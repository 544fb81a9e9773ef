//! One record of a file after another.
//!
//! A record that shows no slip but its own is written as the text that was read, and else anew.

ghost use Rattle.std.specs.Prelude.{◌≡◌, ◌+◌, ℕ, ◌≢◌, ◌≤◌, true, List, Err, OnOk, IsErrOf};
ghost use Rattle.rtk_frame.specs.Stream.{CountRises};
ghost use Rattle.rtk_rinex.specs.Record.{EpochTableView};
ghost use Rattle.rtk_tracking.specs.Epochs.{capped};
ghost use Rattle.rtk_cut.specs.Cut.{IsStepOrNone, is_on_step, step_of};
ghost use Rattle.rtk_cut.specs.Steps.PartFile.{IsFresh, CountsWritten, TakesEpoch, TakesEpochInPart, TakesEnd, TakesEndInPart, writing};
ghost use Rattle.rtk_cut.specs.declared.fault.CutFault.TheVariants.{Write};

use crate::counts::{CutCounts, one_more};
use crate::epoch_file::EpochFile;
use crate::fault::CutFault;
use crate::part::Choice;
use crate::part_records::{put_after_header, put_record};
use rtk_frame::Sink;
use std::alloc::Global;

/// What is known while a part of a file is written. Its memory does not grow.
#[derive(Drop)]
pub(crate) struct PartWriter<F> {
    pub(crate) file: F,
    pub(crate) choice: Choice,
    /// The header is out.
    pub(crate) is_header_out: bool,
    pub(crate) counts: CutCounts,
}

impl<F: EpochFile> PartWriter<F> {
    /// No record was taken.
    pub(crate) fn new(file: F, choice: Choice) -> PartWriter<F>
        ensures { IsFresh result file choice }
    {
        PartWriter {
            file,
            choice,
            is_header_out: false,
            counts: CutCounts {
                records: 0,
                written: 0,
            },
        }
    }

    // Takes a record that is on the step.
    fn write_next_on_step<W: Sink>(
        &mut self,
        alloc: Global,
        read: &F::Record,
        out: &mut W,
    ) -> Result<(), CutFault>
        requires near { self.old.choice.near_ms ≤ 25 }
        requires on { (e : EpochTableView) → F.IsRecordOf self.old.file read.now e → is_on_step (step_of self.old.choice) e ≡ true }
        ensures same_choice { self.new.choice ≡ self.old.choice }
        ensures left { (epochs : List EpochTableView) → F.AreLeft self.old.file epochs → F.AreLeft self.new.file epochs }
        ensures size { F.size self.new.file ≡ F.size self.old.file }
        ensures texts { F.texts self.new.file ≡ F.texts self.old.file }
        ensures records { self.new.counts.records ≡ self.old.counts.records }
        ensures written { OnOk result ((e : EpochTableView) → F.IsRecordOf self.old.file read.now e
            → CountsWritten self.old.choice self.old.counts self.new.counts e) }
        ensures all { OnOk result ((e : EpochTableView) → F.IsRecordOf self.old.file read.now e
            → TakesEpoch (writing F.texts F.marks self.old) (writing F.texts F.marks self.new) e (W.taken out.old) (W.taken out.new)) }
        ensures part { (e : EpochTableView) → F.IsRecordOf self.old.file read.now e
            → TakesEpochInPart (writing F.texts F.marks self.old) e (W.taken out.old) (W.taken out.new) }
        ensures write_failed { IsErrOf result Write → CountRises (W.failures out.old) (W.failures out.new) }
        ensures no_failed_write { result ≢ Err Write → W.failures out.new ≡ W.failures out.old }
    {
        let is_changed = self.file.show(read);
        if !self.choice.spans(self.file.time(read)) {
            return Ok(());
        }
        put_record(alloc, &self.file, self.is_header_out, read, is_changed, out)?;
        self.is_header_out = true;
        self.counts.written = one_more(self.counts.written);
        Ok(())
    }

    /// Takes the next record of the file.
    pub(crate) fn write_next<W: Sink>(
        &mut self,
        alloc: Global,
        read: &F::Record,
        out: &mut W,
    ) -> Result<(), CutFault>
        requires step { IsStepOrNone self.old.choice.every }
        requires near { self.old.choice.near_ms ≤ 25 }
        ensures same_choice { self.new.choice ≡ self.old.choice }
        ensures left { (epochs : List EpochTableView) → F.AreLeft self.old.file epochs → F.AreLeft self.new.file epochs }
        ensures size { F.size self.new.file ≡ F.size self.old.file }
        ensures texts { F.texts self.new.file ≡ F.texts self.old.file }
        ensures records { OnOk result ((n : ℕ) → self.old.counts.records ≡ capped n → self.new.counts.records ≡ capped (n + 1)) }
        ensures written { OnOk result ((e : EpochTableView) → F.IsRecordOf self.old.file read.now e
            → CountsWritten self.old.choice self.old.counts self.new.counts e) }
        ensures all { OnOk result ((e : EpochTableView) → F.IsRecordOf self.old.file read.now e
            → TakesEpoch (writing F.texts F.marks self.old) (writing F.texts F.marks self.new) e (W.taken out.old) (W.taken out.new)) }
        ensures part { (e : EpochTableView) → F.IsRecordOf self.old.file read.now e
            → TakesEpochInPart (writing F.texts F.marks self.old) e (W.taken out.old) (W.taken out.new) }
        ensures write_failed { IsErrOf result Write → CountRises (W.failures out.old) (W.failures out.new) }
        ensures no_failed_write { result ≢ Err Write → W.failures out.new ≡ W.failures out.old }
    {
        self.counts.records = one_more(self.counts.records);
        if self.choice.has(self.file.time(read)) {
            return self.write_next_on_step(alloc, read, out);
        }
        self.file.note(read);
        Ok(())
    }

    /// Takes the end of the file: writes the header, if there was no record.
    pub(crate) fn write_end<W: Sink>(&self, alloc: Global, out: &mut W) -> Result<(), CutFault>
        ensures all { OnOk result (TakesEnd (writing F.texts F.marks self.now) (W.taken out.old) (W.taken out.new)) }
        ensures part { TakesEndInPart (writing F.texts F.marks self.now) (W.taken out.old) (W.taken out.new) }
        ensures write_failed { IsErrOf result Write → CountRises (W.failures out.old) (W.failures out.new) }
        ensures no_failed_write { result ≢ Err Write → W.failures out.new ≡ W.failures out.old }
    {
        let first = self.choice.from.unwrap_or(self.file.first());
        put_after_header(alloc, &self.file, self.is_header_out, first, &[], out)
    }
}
+ + + + +
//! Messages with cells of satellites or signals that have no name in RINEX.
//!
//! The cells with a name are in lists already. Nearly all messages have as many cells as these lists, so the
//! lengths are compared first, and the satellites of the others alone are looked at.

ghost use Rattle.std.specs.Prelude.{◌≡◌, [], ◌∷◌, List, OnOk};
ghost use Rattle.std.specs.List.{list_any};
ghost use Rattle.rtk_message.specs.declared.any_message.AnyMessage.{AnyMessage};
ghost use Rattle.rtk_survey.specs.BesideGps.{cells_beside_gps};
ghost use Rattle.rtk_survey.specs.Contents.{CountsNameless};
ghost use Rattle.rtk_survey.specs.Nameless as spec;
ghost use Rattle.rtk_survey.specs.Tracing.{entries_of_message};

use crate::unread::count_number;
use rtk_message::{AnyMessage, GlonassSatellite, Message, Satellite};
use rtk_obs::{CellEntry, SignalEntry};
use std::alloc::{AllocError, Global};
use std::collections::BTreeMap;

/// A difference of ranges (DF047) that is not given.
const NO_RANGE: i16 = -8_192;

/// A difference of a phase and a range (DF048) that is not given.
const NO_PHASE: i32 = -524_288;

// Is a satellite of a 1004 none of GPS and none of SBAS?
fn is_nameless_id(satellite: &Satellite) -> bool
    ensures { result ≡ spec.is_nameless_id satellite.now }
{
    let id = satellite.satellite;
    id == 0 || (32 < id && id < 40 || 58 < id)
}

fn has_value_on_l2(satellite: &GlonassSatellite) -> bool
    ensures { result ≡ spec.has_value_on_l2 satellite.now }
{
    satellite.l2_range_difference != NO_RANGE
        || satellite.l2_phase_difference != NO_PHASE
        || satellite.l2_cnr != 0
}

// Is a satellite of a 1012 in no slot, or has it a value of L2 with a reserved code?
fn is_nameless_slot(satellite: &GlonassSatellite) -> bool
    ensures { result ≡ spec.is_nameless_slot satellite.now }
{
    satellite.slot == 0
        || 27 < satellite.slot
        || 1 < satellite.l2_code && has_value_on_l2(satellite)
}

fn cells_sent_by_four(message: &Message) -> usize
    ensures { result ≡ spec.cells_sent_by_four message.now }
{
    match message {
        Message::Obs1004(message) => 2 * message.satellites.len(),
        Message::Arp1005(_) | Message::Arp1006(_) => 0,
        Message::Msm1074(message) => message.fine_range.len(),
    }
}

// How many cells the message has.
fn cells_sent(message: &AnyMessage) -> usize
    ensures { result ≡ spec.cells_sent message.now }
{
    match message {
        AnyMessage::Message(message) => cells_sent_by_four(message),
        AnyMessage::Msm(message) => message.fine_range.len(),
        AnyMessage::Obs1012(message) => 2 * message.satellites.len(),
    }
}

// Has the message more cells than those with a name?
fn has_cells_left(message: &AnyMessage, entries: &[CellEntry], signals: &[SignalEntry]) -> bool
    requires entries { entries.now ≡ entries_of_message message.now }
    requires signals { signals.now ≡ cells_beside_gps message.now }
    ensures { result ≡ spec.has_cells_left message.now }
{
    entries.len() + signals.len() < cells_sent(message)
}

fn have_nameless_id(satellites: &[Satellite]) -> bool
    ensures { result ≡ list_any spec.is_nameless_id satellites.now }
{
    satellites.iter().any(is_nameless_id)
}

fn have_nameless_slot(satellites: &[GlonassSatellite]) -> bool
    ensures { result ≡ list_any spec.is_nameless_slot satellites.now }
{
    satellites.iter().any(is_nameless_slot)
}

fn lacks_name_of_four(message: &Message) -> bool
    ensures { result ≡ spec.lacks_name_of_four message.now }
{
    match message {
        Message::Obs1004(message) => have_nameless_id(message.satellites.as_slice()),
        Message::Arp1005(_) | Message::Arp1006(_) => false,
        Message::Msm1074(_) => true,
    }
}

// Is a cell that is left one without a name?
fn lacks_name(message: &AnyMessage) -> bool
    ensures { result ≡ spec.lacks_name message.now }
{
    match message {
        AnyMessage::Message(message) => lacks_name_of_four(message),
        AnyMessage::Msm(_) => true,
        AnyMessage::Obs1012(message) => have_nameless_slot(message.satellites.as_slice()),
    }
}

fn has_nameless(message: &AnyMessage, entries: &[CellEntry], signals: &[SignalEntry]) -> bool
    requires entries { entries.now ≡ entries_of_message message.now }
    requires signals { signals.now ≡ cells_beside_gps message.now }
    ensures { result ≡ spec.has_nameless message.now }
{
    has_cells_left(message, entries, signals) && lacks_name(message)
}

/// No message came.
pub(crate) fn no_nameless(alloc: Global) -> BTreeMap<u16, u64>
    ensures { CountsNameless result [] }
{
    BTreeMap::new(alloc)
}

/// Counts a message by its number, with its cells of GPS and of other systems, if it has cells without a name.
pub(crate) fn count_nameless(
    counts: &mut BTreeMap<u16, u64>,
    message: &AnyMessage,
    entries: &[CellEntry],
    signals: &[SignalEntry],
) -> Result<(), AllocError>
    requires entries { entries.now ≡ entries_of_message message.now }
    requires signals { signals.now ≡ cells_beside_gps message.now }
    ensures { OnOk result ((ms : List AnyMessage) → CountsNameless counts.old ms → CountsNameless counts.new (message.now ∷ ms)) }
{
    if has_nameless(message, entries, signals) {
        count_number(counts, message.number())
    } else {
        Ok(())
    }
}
+ + + + +
## Action item
Lines containing "taken" in the records above: how many are there? Give only the number.

## Exercise response
7